Task prompt:
Determine the number of lines in these entries that hold the word "verdict". Give the number and nothing more.

Stored data START

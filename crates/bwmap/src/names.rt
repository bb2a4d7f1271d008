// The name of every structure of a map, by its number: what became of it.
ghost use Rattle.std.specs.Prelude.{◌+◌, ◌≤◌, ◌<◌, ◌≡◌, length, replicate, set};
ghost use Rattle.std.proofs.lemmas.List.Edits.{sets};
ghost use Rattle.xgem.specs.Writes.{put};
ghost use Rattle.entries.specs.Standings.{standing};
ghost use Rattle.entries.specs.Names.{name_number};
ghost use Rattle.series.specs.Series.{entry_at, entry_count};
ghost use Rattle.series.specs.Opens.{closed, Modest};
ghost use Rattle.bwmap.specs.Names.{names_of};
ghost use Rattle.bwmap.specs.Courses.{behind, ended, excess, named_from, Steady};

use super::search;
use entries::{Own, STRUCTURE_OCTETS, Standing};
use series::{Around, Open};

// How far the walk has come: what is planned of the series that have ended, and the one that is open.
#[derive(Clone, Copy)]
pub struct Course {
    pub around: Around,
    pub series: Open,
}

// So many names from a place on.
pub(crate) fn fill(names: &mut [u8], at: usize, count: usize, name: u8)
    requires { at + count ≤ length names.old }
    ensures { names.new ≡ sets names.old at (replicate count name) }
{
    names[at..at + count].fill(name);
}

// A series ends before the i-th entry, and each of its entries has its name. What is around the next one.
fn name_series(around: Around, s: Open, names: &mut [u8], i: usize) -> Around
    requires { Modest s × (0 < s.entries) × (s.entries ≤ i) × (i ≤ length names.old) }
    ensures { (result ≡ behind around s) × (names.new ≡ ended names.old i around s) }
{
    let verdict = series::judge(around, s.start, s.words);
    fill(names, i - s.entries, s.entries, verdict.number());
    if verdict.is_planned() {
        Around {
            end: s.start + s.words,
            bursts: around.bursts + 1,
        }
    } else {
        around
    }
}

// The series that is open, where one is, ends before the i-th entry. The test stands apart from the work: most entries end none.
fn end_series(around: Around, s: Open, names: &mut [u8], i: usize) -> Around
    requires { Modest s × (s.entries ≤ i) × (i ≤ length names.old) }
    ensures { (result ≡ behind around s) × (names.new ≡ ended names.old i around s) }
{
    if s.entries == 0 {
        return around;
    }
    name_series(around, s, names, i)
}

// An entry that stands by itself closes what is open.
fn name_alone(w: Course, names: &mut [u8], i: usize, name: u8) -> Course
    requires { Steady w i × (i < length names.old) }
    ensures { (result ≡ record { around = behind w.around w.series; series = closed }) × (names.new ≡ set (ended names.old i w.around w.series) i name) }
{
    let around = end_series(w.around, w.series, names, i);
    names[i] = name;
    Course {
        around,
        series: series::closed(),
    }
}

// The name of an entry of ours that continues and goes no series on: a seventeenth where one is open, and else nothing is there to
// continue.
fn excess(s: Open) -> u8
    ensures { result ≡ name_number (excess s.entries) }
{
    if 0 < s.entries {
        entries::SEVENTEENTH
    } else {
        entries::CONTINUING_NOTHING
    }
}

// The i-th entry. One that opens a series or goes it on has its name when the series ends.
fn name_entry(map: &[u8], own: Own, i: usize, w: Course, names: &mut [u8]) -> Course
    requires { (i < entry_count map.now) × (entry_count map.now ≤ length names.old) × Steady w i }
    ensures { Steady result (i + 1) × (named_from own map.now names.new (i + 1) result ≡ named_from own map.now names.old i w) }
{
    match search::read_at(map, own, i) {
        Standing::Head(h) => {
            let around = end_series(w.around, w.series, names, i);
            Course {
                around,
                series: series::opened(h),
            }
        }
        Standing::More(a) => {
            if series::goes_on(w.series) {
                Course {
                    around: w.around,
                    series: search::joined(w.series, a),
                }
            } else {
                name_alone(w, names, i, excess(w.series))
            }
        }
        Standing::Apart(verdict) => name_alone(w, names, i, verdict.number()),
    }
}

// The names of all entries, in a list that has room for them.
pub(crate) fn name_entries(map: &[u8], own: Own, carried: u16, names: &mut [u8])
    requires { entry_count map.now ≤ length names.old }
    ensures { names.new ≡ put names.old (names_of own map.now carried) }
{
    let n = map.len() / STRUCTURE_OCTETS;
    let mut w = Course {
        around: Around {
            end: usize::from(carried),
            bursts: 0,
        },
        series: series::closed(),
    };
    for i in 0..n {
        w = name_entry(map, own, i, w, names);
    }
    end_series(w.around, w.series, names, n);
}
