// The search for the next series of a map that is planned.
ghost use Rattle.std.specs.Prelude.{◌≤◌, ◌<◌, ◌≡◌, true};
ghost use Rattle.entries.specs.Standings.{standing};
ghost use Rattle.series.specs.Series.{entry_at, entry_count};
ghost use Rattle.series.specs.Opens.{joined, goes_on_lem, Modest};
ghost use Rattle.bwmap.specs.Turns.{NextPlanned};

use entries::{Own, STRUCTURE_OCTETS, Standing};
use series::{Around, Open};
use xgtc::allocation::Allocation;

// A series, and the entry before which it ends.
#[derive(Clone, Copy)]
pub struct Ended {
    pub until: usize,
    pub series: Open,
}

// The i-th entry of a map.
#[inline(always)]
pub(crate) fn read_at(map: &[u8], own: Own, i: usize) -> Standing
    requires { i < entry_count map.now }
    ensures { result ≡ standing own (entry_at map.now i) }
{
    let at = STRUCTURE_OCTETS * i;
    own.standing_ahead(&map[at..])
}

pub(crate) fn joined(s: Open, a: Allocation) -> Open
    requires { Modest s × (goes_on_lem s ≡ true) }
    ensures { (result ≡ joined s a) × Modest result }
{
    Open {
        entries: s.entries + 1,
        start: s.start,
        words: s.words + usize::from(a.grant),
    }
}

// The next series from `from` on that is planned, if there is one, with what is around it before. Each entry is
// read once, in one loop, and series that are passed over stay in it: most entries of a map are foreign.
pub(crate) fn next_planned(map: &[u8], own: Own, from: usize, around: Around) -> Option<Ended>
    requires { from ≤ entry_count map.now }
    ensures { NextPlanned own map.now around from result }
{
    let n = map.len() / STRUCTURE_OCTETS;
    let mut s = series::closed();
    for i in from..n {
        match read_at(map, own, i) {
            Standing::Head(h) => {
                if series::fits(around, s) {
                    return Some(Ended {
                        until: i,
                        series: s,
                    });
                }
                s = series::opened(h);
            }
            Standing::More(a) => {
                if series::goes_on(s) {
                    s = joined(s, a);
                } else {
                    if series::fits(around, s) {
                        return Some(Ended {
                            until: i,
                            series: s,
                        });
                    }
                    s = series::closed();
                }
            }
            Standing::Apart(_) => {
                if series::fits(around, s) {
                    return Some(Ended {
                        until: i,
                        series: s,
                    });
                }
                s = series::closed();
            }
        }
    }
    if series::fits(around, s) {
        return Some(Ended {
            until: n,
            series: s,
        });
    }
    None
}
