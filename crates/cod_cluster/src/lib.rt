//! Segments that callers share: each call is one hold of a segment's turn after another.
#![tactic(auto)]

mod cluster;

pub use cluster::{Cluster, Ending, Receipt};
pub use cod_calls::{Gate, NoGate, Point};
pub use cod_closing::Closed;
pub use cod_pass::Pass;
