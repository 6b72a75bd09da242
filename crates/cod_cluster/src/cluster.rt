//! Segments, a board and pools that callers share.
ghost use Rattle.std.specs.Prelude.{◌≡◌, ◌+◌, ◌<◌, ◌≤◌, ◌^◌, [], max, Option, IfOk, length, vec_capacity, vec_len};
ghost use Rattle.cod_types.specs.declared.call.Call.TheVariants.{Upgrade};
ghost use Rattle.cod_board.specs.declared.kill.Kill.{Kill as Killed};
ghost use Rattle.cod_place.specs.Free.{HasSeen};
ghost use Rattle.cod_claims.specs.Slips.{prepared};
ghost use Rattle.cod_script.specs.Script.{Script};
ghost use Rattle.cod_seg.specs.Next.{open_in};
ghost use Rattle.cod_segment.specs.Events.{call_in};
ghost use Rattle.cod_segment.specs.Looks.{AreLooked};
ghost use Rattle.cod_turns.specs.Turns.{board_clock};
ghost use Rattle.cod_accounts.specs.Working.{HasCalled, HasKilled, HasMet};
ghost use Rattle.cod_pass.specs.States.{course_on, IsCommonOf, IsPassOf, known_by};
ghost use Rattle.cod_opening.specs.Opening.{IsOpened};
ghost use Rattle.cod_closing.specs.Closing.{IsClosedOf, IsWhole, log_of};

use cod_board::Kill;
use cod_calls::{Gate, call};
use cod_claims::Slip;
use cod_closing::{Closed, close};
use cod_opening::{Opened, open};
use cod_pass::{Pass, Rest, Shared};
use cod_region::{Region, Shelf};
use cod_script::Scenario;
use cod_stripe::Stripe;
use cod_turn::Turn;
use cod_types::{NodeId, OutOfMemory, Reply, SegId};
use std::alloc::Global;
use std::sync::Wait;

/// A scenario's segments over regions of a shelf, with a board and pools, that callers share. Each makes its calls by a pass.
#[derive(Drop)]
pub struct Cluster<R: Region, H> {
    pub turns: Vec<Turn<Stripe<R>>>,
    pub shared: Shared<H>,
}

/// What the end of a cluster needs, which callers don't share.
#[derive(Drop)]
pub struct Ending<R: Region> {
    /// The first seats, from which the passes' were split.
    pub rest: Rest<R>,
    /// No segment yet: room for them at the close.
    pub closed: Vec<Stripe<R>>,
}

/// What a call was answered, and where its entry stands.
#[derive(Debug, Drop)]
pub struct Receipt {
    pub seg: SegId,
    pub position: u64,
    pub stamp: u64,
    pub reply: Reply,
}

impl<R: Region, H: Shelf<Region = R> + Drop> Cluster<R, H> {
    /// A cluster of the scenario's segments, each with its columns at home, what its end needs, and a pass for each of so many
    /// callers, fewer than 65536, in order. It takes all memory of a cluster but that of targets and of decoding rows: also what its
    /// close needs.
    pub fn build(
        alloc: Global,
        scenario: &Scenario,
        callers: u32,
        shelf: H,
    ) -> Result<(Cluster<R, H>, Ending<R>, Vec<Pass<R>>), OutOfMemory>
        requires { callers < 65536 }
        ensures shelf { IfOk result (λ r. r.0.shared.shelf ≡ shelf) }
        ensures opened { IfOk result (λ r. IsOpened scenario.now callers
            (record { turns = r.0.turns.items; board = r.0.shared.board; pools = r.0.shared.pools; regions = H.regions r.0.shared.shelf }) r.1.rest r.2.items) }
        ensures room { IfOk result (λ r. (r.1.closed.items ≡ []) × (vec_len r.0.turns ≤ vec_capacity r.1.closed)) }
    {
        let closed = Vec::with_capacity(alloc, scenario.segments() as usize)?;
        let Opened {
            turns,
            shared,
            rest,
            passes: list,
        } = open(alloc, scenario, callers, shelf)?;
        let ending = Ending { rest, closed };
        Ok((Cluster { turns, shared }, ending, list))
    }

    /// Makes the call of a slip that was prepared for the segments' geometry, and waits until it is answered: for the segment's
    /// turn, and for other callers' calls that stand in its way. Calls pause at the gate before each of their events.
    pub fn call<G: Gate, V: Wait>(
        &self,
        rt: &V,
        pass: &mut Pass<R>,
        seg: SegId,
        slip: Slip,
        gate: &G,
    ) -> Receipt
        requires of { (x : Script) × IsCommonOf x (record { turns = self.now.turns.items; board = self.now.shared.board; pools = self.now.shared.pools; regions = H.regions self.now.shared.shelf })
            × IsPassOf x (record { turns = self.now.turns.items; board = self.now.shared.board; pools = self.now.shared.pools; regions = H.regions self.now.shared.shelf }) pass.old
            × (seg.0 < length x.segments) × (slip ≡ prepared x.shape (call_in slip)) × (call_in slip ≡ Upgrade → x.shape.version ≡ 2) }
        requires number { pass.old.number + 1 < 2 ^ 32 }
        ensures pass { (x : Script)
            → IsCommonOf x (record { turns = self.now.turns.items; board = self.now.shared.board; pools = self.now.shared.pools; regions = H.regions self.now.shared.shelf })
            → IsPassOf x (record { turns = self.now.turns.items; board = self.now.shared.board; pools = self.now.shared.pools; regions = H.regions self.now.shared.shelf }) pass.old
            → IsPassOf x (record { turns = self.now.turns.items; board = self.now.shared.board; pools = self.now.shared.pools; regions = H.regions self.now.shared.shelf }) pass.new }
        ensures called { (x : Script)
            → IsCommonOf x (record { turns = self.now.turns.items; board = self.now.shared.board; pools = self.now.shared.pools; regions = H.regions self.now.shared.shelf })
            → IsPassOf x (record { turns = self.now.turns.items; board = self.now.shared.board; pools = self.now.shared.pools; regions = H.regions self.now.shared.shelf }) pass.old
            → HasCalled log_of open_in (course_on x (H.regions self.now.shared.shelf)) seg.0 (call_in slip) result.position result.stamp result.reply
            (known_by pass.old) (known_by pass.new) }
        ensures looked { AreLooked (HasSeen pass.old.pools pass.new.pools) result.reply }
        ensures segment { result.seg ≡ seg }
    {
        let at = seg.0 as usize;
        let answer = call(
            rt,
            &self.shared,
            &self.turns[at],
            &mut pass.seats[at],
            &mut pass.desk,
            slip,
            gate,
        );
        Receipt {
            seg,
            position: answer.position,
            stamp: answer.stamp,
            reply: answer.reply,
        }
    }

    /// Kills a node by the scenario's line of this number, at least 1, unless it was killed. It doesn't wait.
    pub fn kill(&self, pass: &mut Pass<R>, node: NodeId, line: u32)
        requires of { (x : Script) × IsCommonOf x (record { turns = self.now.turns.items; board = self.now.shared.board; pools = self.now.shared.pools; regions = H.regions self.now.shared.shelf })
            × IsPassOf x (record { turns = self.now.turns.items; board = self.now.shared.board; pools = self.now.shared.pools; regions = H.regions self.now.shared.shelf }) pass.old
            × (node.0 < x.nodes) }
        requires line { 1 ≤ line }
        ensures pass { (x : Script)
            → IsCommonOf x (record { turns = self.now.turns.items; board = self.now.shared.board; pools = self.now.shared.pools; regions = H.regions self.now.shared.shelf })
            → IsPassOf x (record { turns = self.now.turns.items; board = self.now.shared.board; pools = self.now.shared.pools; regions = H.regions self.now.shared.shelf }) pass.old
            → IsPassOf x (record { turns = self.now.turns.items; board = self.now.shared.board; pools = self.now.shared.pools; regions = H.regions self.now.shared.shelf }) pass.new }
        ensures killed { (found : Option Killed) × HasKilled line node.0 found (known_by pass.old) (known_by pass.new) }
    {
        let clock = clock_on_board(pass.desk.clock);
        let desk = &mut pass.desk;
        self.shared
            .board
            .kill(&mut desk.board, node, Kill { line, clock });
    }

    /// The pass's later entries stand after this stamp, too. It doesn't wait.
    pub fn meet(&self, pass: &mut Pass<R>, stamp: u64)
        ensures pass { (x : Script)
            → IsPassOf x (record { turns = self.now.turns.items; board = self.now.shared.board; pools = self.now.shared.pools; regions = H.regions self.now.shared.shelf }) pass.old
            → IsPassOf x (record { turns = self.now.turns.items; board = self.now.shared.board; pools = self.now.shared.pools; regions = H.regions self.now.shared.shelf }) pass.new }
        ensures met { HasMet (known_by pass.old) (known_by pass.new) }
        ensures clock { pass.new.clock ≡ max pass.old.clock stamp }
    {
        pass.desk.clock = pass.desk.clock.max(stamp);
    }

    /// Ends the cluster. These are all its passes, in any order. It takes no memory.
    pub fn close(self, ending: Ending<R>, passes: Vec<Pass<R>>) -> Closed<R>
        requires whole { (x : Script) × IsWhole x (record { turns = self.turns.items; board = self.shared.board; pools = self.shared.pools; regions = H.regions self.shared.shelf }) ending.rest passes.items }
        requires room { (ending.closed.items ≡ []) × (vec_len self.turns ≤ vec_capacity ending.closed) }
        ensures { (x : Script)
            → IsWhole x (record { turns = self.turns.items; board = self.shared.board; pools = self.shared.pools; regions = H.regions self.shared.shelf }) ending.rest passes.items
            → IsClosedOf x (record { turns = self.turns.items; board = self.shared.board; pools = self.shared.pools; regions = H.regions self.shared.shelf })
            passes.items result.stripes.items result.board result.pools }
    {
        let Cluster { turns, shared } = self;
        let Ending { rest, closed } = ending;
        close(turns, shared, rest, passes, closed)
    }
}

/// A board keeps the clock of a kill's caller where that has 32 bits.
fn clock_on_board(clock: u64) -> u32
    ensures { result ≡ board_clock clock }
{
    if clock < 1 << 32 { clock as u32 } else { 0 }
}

Stored data END

Result below:
4